─── Records ───

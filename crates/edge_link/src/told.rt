ghost use Rattle.std.specs.Prelude.{◌≡◌, ◌⊎◌, ◌≤◌, Some, None};
ghost use Rattle.slab_laws.specs.View.{HasDart};
ghost use Rattle.arr_notes.specs.MapView.{step_map};
ghost use Rattle.arr_notes.specs.declared.change.Change.TheVariants.{AddEdge};
ghost use Rattle.dcel_records.specs.RecordsView.{IsReturned};
ghost use Rattle.dcel_records.specs.SoundMaps.{IsSoundMap, map_of};
ghost use Rattle.edge_link.specs.FacedLinks.{IsLinkTold};
ghost use Rattle.edge_link.specs.Links.{CanLink, CanLinkAtStart, CanLinkAtEnd, TellsOfLink};

use crate::faces::{FacedLink, grow_at_end, grow_at_start, link_both, new_hole};
use arr_notes::Change;
use dcel_records::Records;
use exact_plane::Line;
use slab_laws::{CurveId, DartId, Darts, VertexId};

// The change that tells of a link.
fn told(
    link: FacedLink,
    u: VertexId,
    v: VertexId,
    at_u: Option<DartId>,
    at_v: Option<DartId>,
    line: Line,
    curve: CurveId,
) -> Change
    ensures { result ≡ AddEdge link.names.d link.names.m u v at_u at_v line curve link.faces }
{
    let FacedLink { names, faces } = link;
    Change::AddEdge {
        d: names.d,
        m: names.m,
        u,
        v,
        at_u,
        at_v,
        line,
        curve,
        faces,
    }
}

/// One more edge between two bare vertices, inside a face: the change, which tells what became of cycles and faces too.
pub fn link_in_face(
    records: &mut Records,
    u: VertexId,
    v: VertexId,
    line: Line,
    curve: CurveId,
) -> Change
    requires map { IsSoundMap records.old }
    requires returned { IsReturned records.old }
    requires darts { 2 ≤ records.old.spare_darts }
    requires cycles { 1 ≤ records.old.faces.spare_cycles }
    requires fits { CanLink records.old.graph u v None None line }
    ensures change { TellsOfLink result u v None None line curve }
    ensures made { IsLinkTold records.old records.new result }
    ensures map { map_of records.new ≡ step_map (map_of records.old) result }
{
    let link = new_hole(records, u, v, line);
    told(link, u, v, None, None, line, curve)
}

/// One more edge between two vertices of which one is bare: at the other it comes directly after `at` clockwise. The change
/// tells what became of cycles and faces too.
pub fn link_at_one(
    records: &mut Records,
    u: VertexId,
    v: VertexId,
    at: DartId,
    line: Line,
    curve: CurveId,
) -> Change
    requires map { IsSoundMap records.old }
    requires returned { IsReturned records.old }
    requires darts { 2 ≤ records.old.spare_darts }
    requires fits { CanLinkAtStart records.old.graph u v at line ⊎ CanLinkAtEnd records.old.graph u v at line }
    ensures at_u { CanLinkAtStart records.old.graph u v at line → TellsOfLink result u v (Some at) None line curve }
    ensures at_v { CanLinkAtEnd records.old.graph u v at line → TellsOfLink result u v None (Some at) line curve }
    ensures made { IsLinkTold records.old records.new result }
    ensures map { map_of records.new ≡ step_map (map_of records.old) result }
{
    if records.source(at) == u {
        let link = grow_at_start(records, u, v, at, line);
        told(link, u, v, Some(at), None, line, curve)
    } else {
        let link = grow_at_end(records, u, v, at, line);
        told(link, u, v, None, Some(at), line, curve)
    }
}

/// One more edge between two vertices that have darts: it comes directly after `at_u` and `at_v` clockwise. It joins two cycles,
/// or splits a face and moves what it had; the change tells which.
pub fn link_at_two(
    records: &mut Records,
    u: VertexId,
    v: VertexId,
    at_u: DartId,
    at_v: DartId,
    line: Line,
    curve: CurveId,
) -> Change
    requires map { IsSoundMap records.old }
    requires returned { IsReturned records.old }
    requires darts { 2 ≤ records.old.spare_darts }
    requires cycles { 1 ≤ records.old.faces.spare_cycles }
    requires faces { 1 ≤ records.old.faces.spare_faces }
    requires fits { CanLink records.old.graph u v (Some at_u) (Some at_v) line }
    ensures change { TellsOfLink result u v (Some at_u) (Some at_v) line curve }
    ensures made { IsLinkTold records.old records.new result }
    ensures map { map_of records.new ≡ step_map (map_of records.old) result }
{
    let link = link_both(records, u, v, at_u, at_v, line);
    told(link, u, v, Some(at_u), Some(at_v), line, curve)
}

───

Exercise description: Please write out the records above once more, exactly and completely.

Solution:
filename crates/edge_link/src/told.rt
ghost use Rattle.std.specs.Prelude.{◌≡◌, ◌⊎◌, ◌≤◌, Some, None};
ghost use Rattle.slab_laws.specs.View.{HasDart};
ghost use Rattle.arr_notes.specs.MapView.{step_map};
ghost use Rattle.arr_notes.specs.declared.change.Change.TheVariants.{AddEdge};
ghost use Rattle.dcel_records.specs.RecordsView.{IsReturned};
ghost use Rattle.dcel_records.specs.SoundMaps.{IsSoundMap, map_of};
ghost use Rattle.edge_link.specs.FacedLinks.{IsLinkTold};
ghost use Rattle.edge_link.specs.Links.{CanLink, CanLinkAtStart, CanLinkAtEnd, TellsOfLink};

use crate::faces::{FacedLink, grow_at_end, grow_at_start, link_both, new_hole};
use arr_notes::Change;
use dcel_records::Records;
use exact_plane::Line;
use slab_laws::{CurveId, DartId, Darts, VertexId};

// The change that tells of a link.
fn told(
    link: FacedLink,
    u: VertexId,
    v: VertexId,
    at_u: Option<DartId>,
    at_v: Option<DartId>,
    line: Line,
    curve: CurveId,
) -> Change
    ensures { result ≡ AddEdge link.names.d link.names.m u v at_u at_v line curve link.faces }
{
    let FacedLink { names, faces } = link;
    Change::AddEdge {
        d: names.d,
        m: names.m,
        u,
        v,
        at_u,
        at_v,
        line,
        curve,
        faces,
    }
}

/// One more edge between two bare vertices, inside a face: the change, which tells what became of cycles and faces too.
pub fn link_in_face(
    records: &mut Records,
    u: VertexId,
    v: VertexId,
    line: Line,
    curve: CurveId,
) -> Change
    requires map { IsSoundMap records.old }
    requires returned { IsReturned records.old }
    requires darts { 2 ≤ records.old.spare_darts }
    requires cycles { 1 ≤ records.old.faces.spare_cycles }
    requires fits { CanLink records.old.graph u v None None line }
    ensures change { TellsOfLink result u v None None line curve }
    ensures made { IsLinkTold records.old records.new result }
    ensures map { map_of records.new ≡ step_map (map_of records.old) result }
{
    let link = new_hole(records, u, v, line);
    told(link, u, v, None, None, line, curve)
}

/// One more edge between two vertices of which one is bare: at the other it comes directly after `at` clockwise. The change
/// tells what became of cycles and faces too.
pub fn link_at_one(
    records: &mut Records,
    u: VertexId,
    v: VertexId,
    at: DartId,
    line: Line,
    curve: CurveId,
) -> Change
    requires map { IsSoundMap records.old }
    requires returned { IsReturned records.old }
    requires darts { 2 ≤ records.old.spare_darts }
    requires fits { CanLinkAtStart records.old.graph u v at line ⊎ CanLinkAtEnd records.old.graph u v at line }
    ensures at_u { CanLinkAtStart records.old.graph u v at line → TellsOfLink result u v (Some at) None line curve }
    ensures at_v { CanLinkAtEnd records.old.graph u v at line → TellsOfLink result u v None (Some at) line curve }
    ensures made { IsLinkTold records.old records.new result }
    ensures map { map_of records.new ≡ step_map (map_of records.old) result }
{
    if records.source(at) == u {
        let link = grow_at_start(records, u, v, at, line);
        told(link, u, v, Some(at), None, line, curve)
    } else {
        let link = grow_at_end(records, u, v, at, line);
        told(link, u, v, None, Some(at), line, curve)
    }
}

/// One more edge between two vertices that have darts: it comes directly after `at_u` and `at_v` clockwise. It joins two cycles,
/// or splits a face and moves what it had; the change tells which.
pub fn link_at_two(
    records: &mut Records,
    u: VertexId,
    v: VertexId,
    at_u: DartId,
    at_v: DartId,
    line: Line,
    curve: CurveId,
) -> Change
    requires map { IsSoundMap records.old }
    requires returned { IsReturned records.old }
    requires darts { 2 ≤ records.old.spare_darts }
    requires cycles { 1 ≤ records.old.faces.spare_cycles }
    requires faces { 1 ≤ records.old.faces.spare_faces }
    requires fits { CanLink records.old.graph u v (Some at_u) (Some at_v) line }
    ensures change { TellsOfLink result u v (Some at_u) (Some at_v) line curve }
    ensures made { IsLinkTold records.old records.new result }
    ensures map { map_of records.new ≡ step_map (map_of records.old) result }
{
    let link = link_both(records, u, v, at_u, at_v, line);
    told(link, u, v, Some(at_u), Some(at_v), line, curve)
}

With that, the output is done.